5. In the year 2005-06 the company has introduced some aircrafts (Boeing 337-700,
A340-300E), and due to soaring prices of ATF the company has incurred higher
amount of expenses. It is difficult to determine whether company is going to increase
more aircrafts and also the fluctuating oil prices. So, we could not predict the COGS
of the company.
6. Another major reason, why the projection of the company is increasingly difficult is
because, it has recently been allowed to operate overseas and for this company has
been entering into many new contracts and trying to make acquisition like Sahara
Airlines (which failed, though), in fact the company has also start operating in certain
countries, in which it had not been earlier.
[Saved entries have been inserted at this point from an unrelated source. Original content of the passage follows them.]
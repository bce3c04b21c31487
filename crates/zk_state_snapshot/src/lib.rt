//! The snapshot of a server's state: what `zk_snapshot_writer` writes, and `zk_snapshot` reads.
//!
//! `org.apache.zookeeper.server`, `DataTree` and `ReferenceCountedACLCache`.
#![tactic(auto)]

mod accesses;
mod digest;
mod lists;
mod nodes;
mod state;

pub use state::{snapshot_from, snapshot_of};
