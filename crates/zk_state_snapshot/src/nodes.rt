//! The nodes and sessions of a snapshot.

ghost use Rattle.std.specs.Prelude.{◌≡◌, IfOk, map};
ghost use Rattle.zk_state_snapshot.specs.StateSnapshots.{lease_of, placed, stored_in};

use crate::accesses::number_of;
use std::alloc::Global;
use zk_path::NoMemory;
use zk_snapshot::{Access, Kept, Lease, Moments, Stored, Versions};
use zk_table::Content;
use zk_tree::Entry;

/// A node as a snapshot stores it. Its content is shared.
fn stored_of(table: &[Access], entry: &Entry<'_>) -> Result<Stored, NoMemory>
    ensures { IfOk result (λ stored. stored ≡ stored_in table.now (placed entry.now)) }
{
    let node = entry.node;
    Ok(Stored {
        path: entry.path.copy()?,
        kept: Kept {
            content: Content::copy_of(&node.content)?,
            access: number_of(table, node.acl.as_slice()),
            moments: Moments {
                czxid: node.czxid,
                mzxid: node.mzxid,
                ctime: node.ctime,
                mtime: node.mtime,
            },
            versions: Versions {
                version: node.version,
                creates: node.creates,
                aversion: node.aversion,
            },
            owner: node.owner,
            pzxid: node.pzxid,
        },
    })
}

pub(crate) fn nodes_of(
    alloc: Global,
    table: &[Access],
    entries: &[Entry<'_>],
) -> Result<Vec<Stored>, NoMemory>
    ensures { IfOk result (λ nodes. nodes.items ≡ map (stored_in table.now) (map placed entries.now)) }
{
    let mut nodes = Vec::with_capacity(alloc, entries.len())?;
    for entry in entries {
        nodes.push(stored_of(table, entry)?)?;
    }
    Ok(nodes)
}

pub(crate) fn leases_of(alloc: Global, sessions: &[(u64, i32)]) -> Result<Vec<Lease>, NoMemory>
    ensures { IfOk result (λ leases. leases.items ≡ map lease_of sessions.now) }
{
    let mut leases = Vec::with_capacity(alloc, sessions.len())?;
    for one in sessions {
        leases.push(Lease {
            session: one.0.cast_signed(),
            timeout: one.1,
        })?;
    }
    Ok(leases)
}
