ghost use Rattle.std.specs.Prelude.{◌≡◌, IfOk, map};
ghost use Rattle.zk_state_snapshot.specs.StateSnapshots.{placed, snapshot_from, snapshot_of};

use crate::accesses::accesses_of;
use crate::digest::digest_of;
use crate::nodes::{leases_of, nodes_of};
use std::alloc::Global;
use zk_fold::Fold;
use zk_path::NoMemory;
use zk_snapshot::{Accesses, Claim, Contents, Leases, Snapshot, StoredNodes};
use zk_tree::Entry;

/// The database's number, which every snapshot has.
const DBID: i64 = -1;

/// The version of the digest.
const DIGEST_VERSION: i32 = 2;

/// The snapshot of nodes and sessions, whose last transaction has the zxid `last`. Nodes and
/// sessions are in order, as a table and a machine hold them.
///
/// Contents and access control lists are shared. The cost is one pass over the nodes, and a look at
/// each list of the table for each node.
pub fn snapshot_from(
    alloc: Global,
    entries: &[Entry<'_>],
    sessions: &[(u64, i32)],
    last: i64,
) -> Result<Snapshot, NoMemory>
    ensures { IfOk result (λ snapshot. snapshot ≡ snapshot_from (map placed entries.now) sessions.now last) }
{
    let accesses = accesses_of(alloc, entries)?;
    let nodes = nodes_of(alloc, accesses.as_slice(), entries)?;
    let leases = leases_of(alloc, sessions)?;
    let sum = digest_of(entries).cast_signed();
    Ok(Snapshot {
        contents: Contents {
            dbid: DBID,
            leases: Leases::new(leases),
            accesses: Accesses::new(accesses),
            nodes: StoredNodes::new(nodes),
        },
        claim: Some(Claim {
            zxid: last,
            version: DIGEST_VERSION,
            sum,
        }),
    })
}

/// The snapshot of a table's state.
pub fn snapshot_of(alloc: Global, table: &Fold) -> Result<Snapshot, NoMemory>
    ensures { IfOk result (λ snapshot. snapshot ≡ snapshot_of table.now.state) }
{
    let entries = table.entries()?;
    let sessions = table.sessions()?;
    snapshot_from(alloc, entries.as_slice(), sessions.as_slice(), table.last())
}
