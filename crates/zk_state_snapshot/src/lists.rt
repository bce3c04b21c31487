//! Access control lists, compared.

ghost use Rattle.std.specs.Prelude.{◌≡◌, List};
ghost use Rattle.zk_acl.specs.Access.{same_acl};
ghost use Rattle.zk_state_snapshot.specs.Lists.{is_open, same_list};
ghost use Rattle.zk_table.specs.Nodes.{open_to_all};

use zk_acl::Acl;

fn is_same_acl(one: &Acl, other: &Acl) -> bool
    ensures { result ≡ same_acl one.now other.now }
{
    one.perms == other.perms
        && one.id.scheme.as_str() == other.id.scheme.as_str()
        && one.id.id.as_str() == other.id.id.as_str()
}

/// Whether two lists have the same entries in the same order.
pub(crate) fn is_same_list(one: &[Acl], other: &[Acl]) -> bool
    ensures { result ≡ same_list one.now other.now }
{
    let mut others = other;
    for acl in one {
        let Some((first, rest)) = others.split_first() else {
            return false;
        };
        if !is_same_acl(acl, first) {
            return false;
        }
        others = rest;
    }
    others.is_empty()
}

/// Whether a list gives everyone all permissions.
#[tactic(auto, unfolding(crate::specs::Lists::same_list))]
pub(crate) fn is_open(acl: &[Acl]) -> bool
    ensures { result ≡ is_open acl.now }
{
    match acl {
        [only] => {
            only.perms == 31
                && only.id.scheme.as_str() == "world"
                && only.id.id.as_str() == "anyone"
        }
        _ => false,
    }
}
Thus, it makes very difficult to come up
with the projection of promotional expenses and other items of the P/L A/c and
B/sheet.
7. But, if we presume that the company will be only as efficient as earlier years and
there would not be any dramatic change in the market share of the company we can
come up with the following projection table:

year Jet’s Market Total Domestic Market Share Market Jet Airways
Share Market Growth(%) Market growth(%)
2000-01 1982 5223 38
2001-02 2500 5275 47 1 26
2002-03 2526 6009 42 14 1.04
2003-04 2876 7204 40 20 13
2004-05 3447 9063 38 25 19
2005-06 4338 11900 36 31 25
2006-07 5238 14994 35 26 20.75

8. Facing the same problem of an abnormal year of crisis which impacts the airline
business heavily, we have averaged the growth of the four years only except 2000-01
and 2002-03 and got the simple average of 20.75 % and have been projecting it as the
possible growth of the company for 2006-07.But the growth of the company may
even be higher because our projection goes conservative because we have have not
acknowledged the slow growth of the year 2003-04 and have considered it as a
normal year.
So, we conclude that the market share of the jet airways will grow at 20.75 % with
certain assumptions made above and because of the highly fluctuating ATF (Aviation
Turbine Fuel), and growing competion and no definite trend in the different costs we
decided not make any projection for the profit, which may be highly faulty.